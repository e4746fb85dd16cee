use net_base::FieldId;

/// The greatest identifier of a VLAN; the least is 1 (IEEE 802.1Q, 9.6).
pub const MOST_VID: u64 = 4094;

/// The greatest number of a port; the least is 1 (OpenFlow 1.3, 7.2.1).
pub const MOST_PORT_NO: u64 = 0xffff_ff00;

/// A VLAN by its name or its number.
pub const VLAN_NAMED: Scalar = Scalar::Reference {
    low: 1,
    high: MOST_VID,
};

/// A port by its name or its number.
pub const PORT_NAMED: Scalar = Scalar::Reference {
    low: 1,
    high: MOST_PORT_NO,
};

/// What a value that is no list and no map has to be.
#[derive(Clone, Copy)]
pub enum Scalar {
    /// `true` or `false`.
    Flag,
    /// A whole number in a range.
    Number { low: u64, high: u64 },
    /// A text of 1 to 255 bytes.
    Name,
    /// Any text.
    Words,
    /// Any text, or a whole number, which stands for its decimal digits.
    Label,
    /// Any text, or a whole number in a range: a VLAN or a port, by its name or its number.
    Reference { low: u64, high: u64 },
    /// `true`, `false`, 1 or 0.
    Permission,
    /// A flag, a whole number or a text, which has no effect.
    NoEffect,
    /// The Ethernet address of one station, not zero.
    StationMac,
    /// An Ethernet address, or one with a slash and a mask.
    MaskedMac,
    /// An IP address with the length of its network, 1 to 31, or 1 to 127 where it is IPv6.
    Vip,
    /// An IP network without host bits.
    Destination,
    /// An IP address.
    Gateway,
    /// An IP address of so many bits, or a network of them without host bits, in a match.
    Prefix { width: usize },
    /// An IP address of so many bits, in a match.
    Address { width: usize },
    /// An IPv4 address that isn't zero: what a speaker of BGP is called.
    Identifier,
    /// The word `passive`.
    Passive,
}

/// A kind of map of a configuration.
#[derive(Clone, Copy)]
pub enum MapKind {
    /// The whole document.
    Top,
    /// `dps`: datapaths by their names.
    Datapaths,
    Datapath,
    /// `stack` of a datapath.
    DatapathStack,
    /// `lldp_beacon` of a datapath.
    LldpBeacon,
    /// `interfaces`: interfaces by their numbers or names.
    Interfaces,
    /// An interface; its number where its key gives it.
    Interface { number: Option<u64> },
    /// `stack` of an interface.
    PortStack,
    /// `vlans`: VLANs by their numbers or names.
    Vlans,
    /// A VLAN; its number where its key gives it.
    Vlan { number: Option<u64> },
    /// An item of `routes`.
    RouteItem,
    Route,
    /// `acls`: lists of rules by their names.
    Acls,
    /// An item of an ACL.
    RuleItem,
    Rule,
    Actions,
    Output,
    /// `routers`: routers by their names.
    Routers,
    Router,
    /// `bgp` of a router.
    Bgp,
}

/// What a value has to be.
#[derive(Clone, Copy)]
pub enum Kind {
    One(Scalar),
    /// A list of such values.
    Several(Scalar),
    /// Such a value or a list of them.
    OneOrSeveral(Scalar),
    /// A whole number in a range, and the number of the map's own key where that gives one.
    Given { low: u64, high: u64 },
    /// What a rule asks of a match field: one value, by the field's row in the table of fields.
    Asked { id: FieldId },
    Map(MapKind),
    /// A list of such maps.
    Maps(MapKind),
    /// Such a map or a list of them.
    MapOrMaps(MapKind),
}

/// Whether a key has to be there.
#[derive(Clone, Copy)]
pub enum Need {
    Always,
    /// Where the map's own key gives no number.
    UnlessNumbered,
    /// Where `bgp` isn't given.
    UnlessBgp,
    Never,
}

/// What stands where a key isn't given.
#[derive(Clone, Copy)]
pub enum DefaultValue {
    /// No value, or an empty list.
    Nothing,
    /// `true`.
    On,
    /// `false`.
    Off,
    Count(u32),
    /// The value that this text spells.
    Spelled(&'static str),
    /// The map's own key.
    OwnKey,
    /// What stands for the map's `name`.
    OwnName,
}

_YOUR INSTRUCTIONS_. Please filter the data down to the lines containing the word "match".

_RESPONSE TO THIS TASK_.
    /// An IP address of so many bits, or a network of them without host bits, in a match.
    /// An IP address of so many bits, in a match.
    /// What a rule asks of a match field: one value, by the field's row in the table of fields.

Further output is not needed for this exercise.